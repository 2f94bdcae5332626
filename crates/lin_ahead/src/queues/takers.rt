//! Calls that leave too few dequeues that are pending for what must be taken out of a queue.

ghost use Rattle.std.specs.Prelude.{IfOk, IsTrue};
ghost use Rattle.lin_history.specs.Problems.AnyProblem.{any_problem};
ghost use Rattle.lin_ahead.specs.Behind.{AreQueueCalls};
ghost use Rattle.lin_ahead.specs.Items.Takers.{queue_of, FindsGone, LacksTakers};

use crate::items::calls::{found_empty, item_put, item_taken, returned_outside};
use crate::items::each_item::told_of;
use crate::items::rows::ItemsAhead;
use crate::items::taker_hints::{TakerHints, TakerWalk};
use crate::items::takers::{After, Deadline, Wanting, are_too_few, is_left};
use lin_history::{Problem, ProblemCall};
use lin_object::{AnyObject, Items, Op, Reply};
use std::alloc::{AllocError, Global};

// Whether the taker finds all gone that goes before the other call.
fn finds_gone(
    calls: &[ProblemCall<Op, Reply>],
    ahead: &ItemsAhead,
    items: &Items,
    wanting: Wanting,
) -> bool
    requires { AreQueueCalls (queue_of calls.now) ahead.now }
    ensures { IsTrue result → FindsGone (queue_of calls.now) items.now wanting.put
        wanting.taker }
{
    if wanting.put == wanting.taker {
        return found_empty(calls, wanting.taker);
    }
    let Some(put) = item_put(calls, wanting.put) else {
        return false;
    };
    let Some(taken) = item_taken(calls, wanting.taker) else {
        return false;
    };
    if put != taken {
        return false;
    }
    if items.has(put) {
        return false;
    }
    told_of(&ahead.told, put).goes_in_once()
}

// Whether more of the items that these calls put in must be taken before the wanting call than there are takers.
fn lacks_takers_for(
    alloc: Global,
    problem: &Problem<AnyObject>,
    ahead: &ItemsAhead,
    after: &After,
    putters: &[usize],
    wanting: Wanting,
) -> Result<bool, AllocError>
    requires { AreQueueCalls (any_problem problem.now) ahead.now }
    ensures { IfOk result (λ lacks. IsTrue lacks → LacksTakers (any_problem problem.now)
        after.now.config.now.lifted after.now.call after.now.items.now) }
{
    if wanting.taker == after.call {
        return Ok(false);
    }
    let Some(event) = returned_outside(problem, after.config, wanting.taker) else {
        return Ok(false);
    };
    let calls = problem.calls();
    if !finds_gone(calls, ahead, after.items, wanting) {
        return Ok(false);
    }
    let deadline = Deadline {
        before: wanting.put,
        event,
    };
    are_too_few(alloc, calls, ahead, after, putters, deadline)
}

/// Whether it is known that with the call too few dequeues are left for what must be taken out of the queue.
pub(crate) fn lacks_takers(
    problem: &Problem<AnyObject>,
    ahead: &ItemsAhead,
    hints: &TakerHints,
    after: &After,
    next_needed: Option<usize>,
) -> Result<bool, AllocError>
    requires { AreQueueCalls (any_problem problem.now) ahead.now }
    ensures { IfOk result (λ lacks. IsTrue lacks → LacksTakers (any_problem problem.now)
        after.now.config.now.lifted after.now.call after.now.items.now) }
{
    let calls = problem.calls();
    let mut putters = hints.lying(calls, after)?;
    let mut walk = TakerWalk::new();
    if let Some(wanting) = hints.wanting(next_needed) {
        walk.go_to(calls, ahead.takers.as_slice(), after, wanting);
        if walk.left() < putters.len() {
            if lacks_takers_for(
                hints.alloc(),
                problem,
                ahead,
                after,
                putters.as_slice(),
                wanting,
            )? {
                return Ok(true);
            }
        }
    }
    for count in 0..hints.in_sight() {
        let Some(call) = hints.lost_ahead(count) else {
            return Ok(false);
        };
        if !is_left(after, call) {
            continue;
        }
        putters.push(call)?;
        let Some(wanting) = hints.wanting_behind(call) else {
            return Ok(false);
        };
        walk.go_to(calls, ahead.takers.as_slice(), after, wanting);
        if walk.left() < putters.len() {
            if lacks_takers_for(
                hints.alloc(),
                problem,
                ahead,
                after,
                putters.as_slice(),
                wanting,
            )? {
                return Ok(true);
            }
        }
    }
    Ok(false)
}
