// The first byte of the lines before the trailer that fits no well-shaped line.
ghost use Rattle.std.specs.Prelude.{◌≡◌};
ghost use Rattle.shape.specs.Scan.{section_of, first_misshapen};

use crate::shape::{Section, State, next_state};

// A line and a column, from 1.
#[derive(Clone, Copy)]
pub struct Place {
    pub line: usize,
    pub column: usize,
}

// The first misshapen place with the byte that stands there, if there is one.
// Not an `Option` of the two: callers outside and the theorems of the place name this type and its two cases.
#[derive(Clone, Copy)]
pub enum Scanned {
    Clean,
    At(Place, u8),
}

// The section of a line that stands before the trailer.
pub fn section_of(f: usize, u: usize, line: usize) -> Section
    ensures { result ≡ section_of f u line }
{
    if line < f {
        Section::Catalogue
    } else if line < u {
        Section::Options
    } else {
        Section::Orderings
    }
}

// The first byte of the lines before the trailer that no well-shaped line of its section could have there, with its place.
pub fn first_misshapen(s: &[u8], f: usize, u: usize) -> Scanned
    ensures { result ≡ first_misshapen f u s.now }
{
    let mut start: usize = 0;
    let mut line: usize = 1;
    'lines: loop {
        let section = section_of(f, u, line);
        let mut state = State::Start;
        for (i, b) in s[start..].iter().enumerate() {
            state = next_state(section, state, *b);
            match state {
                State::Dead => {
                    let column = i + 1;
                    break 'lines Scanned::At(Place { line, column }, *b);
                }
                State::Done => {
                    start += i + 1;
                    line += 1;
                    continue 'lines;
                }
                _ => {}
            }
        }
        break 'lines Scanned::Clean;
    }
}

- **ASSIGNMENT**
Repeat exactly the lines of the listing above, from the one with "before the trailer." down to the one with "Section::Orderings"; both of those lines belong in the range.

- **SOLUTION**
// The section of a line that stands before the trailer.
pub fn section_of(f: usize, u: usize, line: usize) -> Section
    ensures { result ≡ section_of f u line }
{
    if line < f {
        Section::Catalogue
    } else if line < u {
        Section::Options
    } else {
        Section::Orderings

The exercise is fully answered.